Muito depende de Demirtas: não passará à segunda volta mas se apoiar o candidato na oposição pode dar-lhe a vitória; não pode ser deputado mas se conseguir que o HDP repita a façanha dos 10% ajuda a Aliança Nacional a roubar a maioria à Aliança do Povo.

Por menos credíveis que sejam, as sondagens dizem que tudo é possível. E isso muda a disposição dos eleitores. Como o facto de líderes de formações tão distintas como o CHP e o IYI aparecerem juntos em campanha permitiu mudar a conversar. Erdogan apresentou este voto como uma escolha entre estabilidade e incerteza; nas últimas semanas a discussão foi sobre a separação de poderes ou a necessidade de todos os turcos terem os mesmos direitos.

O país é maior que o líder

Se a oposição conseguir uma maioria parlamentar e forçar uma segunda volta nas presidenciais sai reforçada para esse embate. Nesse cenário, pode conseguir reverter as alterações constitucionais.

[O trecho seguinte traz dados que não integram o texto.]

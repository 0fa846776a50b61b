//! How many lists of values are walked for equations with sums and for comparisons, counted up to one more than the limit.
ghost use Rattle.std.specs.Prelude.{◌≡◌, ◌≤◌, ◌+◌, ◌*◌, ◌++◌, ◌∷◌, [], IfOk, OnOk, map, min};
ghost use Rattle.std.specs.Option.{option_map};
ghost use Rattle.cc_defs.specs.Judged.{choices_of, constants_of, lists_of, product_of};
ghost use Rattle.cc_defs.specs.Resolved.{plain_base_law, plain_condition, plain_formula, plain_law, plain_query, plain_term};
ghost use Rattle.cc_defs.specs.Resolved as resolved;
ghost use Rattle.cc_defs.specs.Universe.{objects_of as objects_in};
ghost use Rattle.cc_ground.specs.Bindings.{environment_of, no_bindings};
ghost use Rattle.cc_ground.specs.Choices.{base_choices, bracket_choices, choices_behind, choices_under, conditions_choices, has_any, has_lists as has_lists_of, has_lists_part};
ghost use Rattle.cc_ground.specs.Counting.{choices_of_all, choices_of_query, part_choices};
ghost use Rattle.cc_ground.specs.Views.{universe_of};

use crate::bindings::Bindings;
use crate::conditions::passes;
use crate::counting::choice_count;
use crate::heads::head_under;
use crate::judged::size_of;
use crate::pieces::{gather_both, has_sum};
use crate::values::{objects_of, values_in_range};
use cc_arena::theorems::heads_there_are_ground;
use cc_defs::{BaseLaw, Condition, Formula, Law, OutOfMemory, Query, Range, Sig, Term};
use cc_sorts::Table;
use std::alloc::Global;

/// What counts stop at: one more than the limit of choices.
pub(crate) const MANY_CHOICES: usize = 16_000_001;

/// The product of a count and another number; counting stops at MANY_CHOICES.
fn times(count: usize, number: u32) -> usize
    ensures { result ≡ min (count * number) 16000001 }
{
    count.saturating_mul(number as usize).min(MANY_CHOICES)
}

/// The sum of two counts.
fn with(count: usize, more: usize) -> usize
    ensures { result ≡ min (count + more) 16000001 }
{
    count.saturating_add(more).min(MANY_CHOICES)
}

/// Whether a constant is a piece of a term.
#[tactic(auto, using(crate::proofs::Counted::any_both))]
fn has_constant(term: &Term) -> bool
    ensures { result ≡ has_any (constants_of (plain_term term.now)) }
{
    match term {
        Term::Constant { .. } => true,
        Term::Plus(left, right) | Term::Minus(left, right) => {
            has_constant(left) || has_constant(right)
        }
        Term::Object(_) | Term::Variable(_) | Term::Nothing | Term::Number(_) => false,
    }
}

/// Whether one is of one of two terms.
#[tactic(auto, using(crate::proofs::Counted::any_both))]
fn have_constant(left: &Term, right: &Term) -> bool
    ensures { result
        ≡ has_any (constants_of (plain_term left.now) ++ constants_of (plain_term right.now)) }
{
    has_constant(left) || has_constant(right)
}

/// Whether a formula has an equation or comparison whose lists of values are walked.
pub(crate) fn has_lists(formula: &Formula) -> bool
    ensures { result ≡ has_lists_of (plain_formula formula.now) }
{
    match formula {
        Formula::True | Formula::False => false,
        Formula::Equal(left, right) => has_sum(left, right) && have_constant(left, right),
        Formula::Less(left, right) | Formula::AtMost(left, right) => have_constant(left, right),
        Formula::Not(inner) => has_lists(inner),
        Formula::Both(left, right)
        | Formula::Either(left, right)
        | Formula::Implies(left, right)
        | Formula::Same(left, right) => has_lists(left) || has_lists(right),
        Formula::ForAll(_, _, inner) | Formula::Exists(_, _, inner) => has_lists(inner),
    }
}

/// How many lists of values these constants have.
fn product(table: &Table, sig: &Sig, constants: &[u32]) -> Result<usize, OutOfMemory>
    ensures { IfOk result (λ count.
        count ≡ min (product_of (universe_of table.now sig.now) constants.now) 16000001) }
{
    let mut count = 1;
    for constant in constants {
        count = times(count, size_of(table, sig, *constant)?);
    }
    Ok(count)
}

/// How many lists are walked for an equation or comparison of two terms.
fn lists_between(
    alloc: Global,
    table: &Table,
    sig: &Sig,
    env: &Bindings,
    left: &Term,
    right: &Term,
) -> Result<usize, OutOfMemory>
    ensures { IfOk result (λ count.
        count ≡ min (lists_of (universe_of table.now sig.now) (environment_of env.now)
        (constants_of (plain_term left.now) ++ constants_of (plain_term right.now))) 16000001) }
{
    if !have_constant(left, right) {
        return Ok(0);
    }
    let mut constants = Vec::new(alloc);
    gather_both(alloc, table, sig, env, left, right, &mut constants)?;
    product(table, sig, &constants)
}

/// A count with the lists of an equation or comparison.
fn with_lists(
    alloc: Global,
    table: &Table,
    sig: &Sig,
    env: &Bindings,
    count: usize,
    left: &Term,
    right: &Term,
) -> Result<usize, OutOfMemory>
    ensures { IfOk result (λ new.
        new ≡ min (count + lists_of (universe_of table.now sig.now) (environment_of env.now)
        (constants_of (plain_term left.now) ++ constants_of (plain_term right.now))) 16000001) }
{
    Ok(with(count, lists_between(alloc, table, sig, env, left, right)?))
}

/// A count with those of an equation, if it is judged.
fn with_equation(
    alloc: Global,
    table: &Table,
    sig: &Sig,
    env: &Bindings,
    count: usize,
    left: &Term,
    right: &Term,
) -> Result<usize, OutOfMemory>
    requires { count ≤ 16000001 }
    ensures { IfOk result (λ new.
        new ≡ min (count + choices_of (universe_of table.now sig.now) (environment_of env.now)
        (resolved.Equal (plain_term left.now) (plain_term right.now))) 16000001) }
{
    if !has_sum(left, right) {
        return Ok(count);
    }
    with_lists(alloc, table, sig, env, count, left, right)
}

/// A count with those of a formula, for each object of a sort.
#[cycle(choosing)]
fn with_instances(
    alloc: Global,
    table: &Table,
    sig: &Sig,
    env: &mut Bindings,
    count: usize,
    variable: u32,
    sort: u32,
    formula: &Formula,
) -> Result<usize, OutOfMemory>
    requires { count ≤ 16000001 }
    ensures count { IfOk result (λ new. new ≡ min
        (count + bracket_choices (universe_of table.now sig.now) (environment_of env.old) variable
        (plain_formula formula.now) (objects_in (universe_of table.now sig.now) sort)) 16000001) }
    ensures env { OnOk result (env.new ≡ env.old) }
{
    if !has_lists(formula) {
        return Ok(count);
    }
    let mut total = count;
    for object in objects_of(table, sort) {
        env.bind(variable, *object)?;
        total = with_formula(alloc, table, sig, env, total, formula)?;
        env.unbind();
    }
    Ok(total)
}

/// A count with those of a formula. Where the count is full it goes no further.
#[cycle(choosing)]
fn with_formula(
    alloc: Global,
    table: &Table,
    sig: &Sig,
    env: &mut Bindings,
    count: usize,
    formula: &Formula,
) -> Result<usize, OutOfMemory>
    requires { count ≤ 16000001 }
    ensures count { IfOk result (λ new.
        new ≡ min (count + choices_of (universe_of table.now sig.now)
        (environment_of env.old) (plain_formula formula.now)) 16000001) }
    ensures env { OnOk result (env.new ≡ env.old) }
{
    if count >= MANY_CHOICES {
        return Ok(count);
    }
    match formula {
        Formula::True | Formula::False => Ok(count),
        Formula::Equal(left, right) => with_equation(alloc, table, sig, env, count, left, right),
        Formula::Less(left, right) | Formula::AtMost(left, right) => {
            with_lists(alloc, table, sig, env, count, left, right)
        }
        Formula::Not(inner) => with_formula(alloc, table, sig, env, count, inner),
        Formula::Both(left, right)
        | Formula::Either(left, right)
        | Formula::Implies(left, right)
        | Formula::Same(left, right) => {
            let count = with_formula(alloc, table, sig, env, count, left)?;
            with_formula(alloc, table, sig, env, count, right)
        }
        Formula::ForAll(variable, sort, inner) | Formula::Exists(variable, sort, inner) => {
            with_instances(alloc, table, sig, env, count, *variable, *sort, inner)
        }
    }
}

/// A count with those of a part that may be missing.
fn with_part(
    alloc: Global,
    table: &Table,
    sig: &Sig,
    env: &mut Bindings,
    count: usize,
    part: &Option<Formula>,
) -> Result<usize, OutOfMemory>
    requires { count ≤ 16000001 }
    ensures count { IfOk result (λ new.
        new ≡ min (count + part_choices (universe_of table.now sig.now)
        (environment_of env.old) (option_map plain_formula part.now)) 16000001) }
    ensures env { OnOk result (env.new ≡ env.old) }
{
    match part {
        Some(formula) => with_formula(alloc, table, sig, env, count, formula),
        None => Ok(count),
    }
}

/// A count with those of a law for these values of its variables, if they make an instance.
fn with_instance(
    alloc: Global,
    table: &Table,
    sig: &Sig,
    env: &mut Bindings,
    count: usize,
    law: &Law,
) -> Result<usize, OutOfMemory>
    requires few { count ≤ 16000001 }
    requires unbound { env.now.bound ≡ [] }
    ensures count { IfOk result (λ new. new ≡ min (count + choices_under
        (universe_of table.now sig.now) (plain_law law.now) (env.old.values ∷ [])) 16000001) }
    ensures env { OnOk result (env.new ≡ env.old) }
{
    heads_there_are_ground();
    if !passes(table, env, &law.test)? {
        return Ok(count);
    }
    if head_under(alloc, table, sig, env, &law.head)?.is_none() {
        return Ok(count);
    }
    let count = with_formula(alloc, table, sig, env, count, &law.body)?;
    with_part(alloc, table, sig, env, count, &law.after)
}

/// A count with those of the instances of a law for all values of the ranges that are left, behind those that are given.
fn with_choices(
    alloc: Global,
    table: &Table,
    sig: &Sig,
    env: &mut Bindings,
    count: usize,
    law: &Law,
    ranges: &[Range],
) -> Result<usize, OutOfMemory>
    requires few { count ≤ 16000001 }
    requires unbound { env.now.bound ≡ [] }
    ensures count { IfOk result (λ new. new ≡ min (count + choices_behind
        (universe_of table.now sig.now) (plain_law law.now) env.old.values ranges.now) 16000001) }
    ensures env { OnOk result (env.new ≡ env.old) }
{
    if count >= MANY_CHOICES {
        return Ok(count);
    }
    let Some((range, others)) = ranges.split_first() else {
        return with_instance(alloc, table, sig, env, count, law);
    };
    let values = values_in_range(table, sig, *range);
    let mut total = count;
    for index in 0..values.len() {
        env.give(values.at(index))?;
        total = with_choices(alloc, table, sig, env, total, law, others)?;
        env.take_back();
    }
    Ok(total)
}

/// Whether a part that may be missing has lists.
fn part_has_lists(part: &Option<Formula>) -> bool
    ensures { result ≡ has_lists_part (option_map plain_formula part.now) }
{
    match part {
        Some(formula) => has_lists(formula),
        None => false,
    }
}

/// A count with those of a base law.
fn with_base_law(
    alloc: Global,
    table: &Table,
    sig: &Sig,
    env: &mut Bindings,
    count: usize,
    law: &BaseLaw,
) -> Result<usize, OutOfMemory>
    requires few { count ≤ 16000001 }
    requires empty { env.now ≡ no_bindings }
    ensures count { IfOk result (λ new. new ≡ min
        (count + base_choices (universe_of table.now sig.now) (plain_base_law law.now)) 16000001) }
    ensures env { OnOk result (env.new ≡ env.old) }
{
    match law {
        BaseLaw::One(law) => with_law(alloc, table, sig, env, count, law),
        BaseLaw::NoConcurrency { .. } => Ok(count),
    }
}

/// A count with those of a law, which is passed over where it has no lists, or no list of values.
fn with_law(
    alloc: Global,
    table: &Table,
    sig: &Sig,
    env: &mut Bindings,
    count: usize,
    law: &Law,
) -> Result<usize, OutOfMemory>
    requires few { count ≤ 16000001 }
    requires empty { env.now ≡ no_bindings }
    ensures count { IfOk result (λ new. new ≡ min (count + choices_behind
        (universe_of table.now sig.now) (plain_law law.now) [] law.now.ranges) 16000001) }
    ensures env { OnOk result (env.new ≡ env.old) }
{
    if !has_lists(&law.body) && !part_has_lists(&law.after) {
        return Ok(count);
    }
    if choice_count(table, sig, law.ranges.items()) == 0 {
        return Ok(count);
    }
    with_choices(alloc, table, sig, env, count, law, law.ranges.items())
}

/// How many lists are walked for the instances of base laws.
pub(crate) fn choices_of_laws(
    alloc: Global,
    table: &Table,
    sig: &Sig,
    laws: &[BaseLaw],
) -> Result<usize, OutOfMemory>
    ensures { IfOk result (λ count. count ≡ min
        (choices_of_all (universe_of table.now sig.now) (map plain_base_law laws.now)) 16000001) }
{
    let mut env = Bindings::new(alloc);
    let mut count = 0;
    for law in laws {
        count = with_base_law(alloc, table, sig, &mut env, count, law)?;
    }
    Ok(count)
}

/// How many lists are walked for conditions, each of which counts once, whatever its step.
fn choices_of_conditions(
    alloc: Global,
    table: &Table,
    sig: &Sig,
    env: &mut Bindings,
    conditions: &[Condition],
) -> Result<usize, OutOfMemory>
    requires { env.now ≡ no_bindings }
    ensures count { IfOk result (λ count. count ≡ min (conditions_choices
        (universe_of table.now sig.now) (map plain_condition conditions.now)) 16000001) }
    ensures env { OnOk result (env.new ≡ env.old) }
{
    let mut count = 0;
    for condition in conditions {
        count = with_formula(alloc, table, sig, env, count, &condition.formula)?;
    }
    Ok(count)
}

/// How many lists are walked for a query.
pub(crate) fn choices_of_asked(
    alloc: Global,
    table: &Table,
    sig: &Sig,
    query: &Query,
) -> Result<usize, OutOfMemory>
    ensures { IfOk result (λ count. count
        ≡ min (choices_of_query (universe_of table.now sig.now) (plain_query query.now)) 16000001) }
{
    let mut env = Bindings::new(alloc);
    let count = choices_of_conditions(alloc, table, sig, &mut env, query.conditions.items())?;
    match &query.claim {
        Some(claim) => with_formula(alloc, table, sig, &mut env, count, &claim.formula),
        None => Ok(count),
    }
}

Claro que também é possível que Erdogan, uma vez eleito, dissolva o Parlamento e marque novas legislativas.

Resume num artigo no site da Al-Jazira Fuat Keyman, director do Centro de Política de Istambul: “Os turcos podem preferir líderes fortes mas muitos não querem viver num sistema em que o líder tem poder absoluto”. Mais importante é que, apesar dos esforços de Erdogan, “a sociedade turca não é tão polarizada como parece” e “a campanha mostrou que está pronta a ser governada com base em ‘valores partilhados’, como o direito à educação e a independência do poder judicial’”.

Ao mesmo tempo, deixou claro que a “Turquia é maior do que Erdogan, com a sua história, modernidade e dinamismo; é uma sociedade complexa, plural e resiliente e não pode ser reduzida a um líder, identidade ou ideologia”.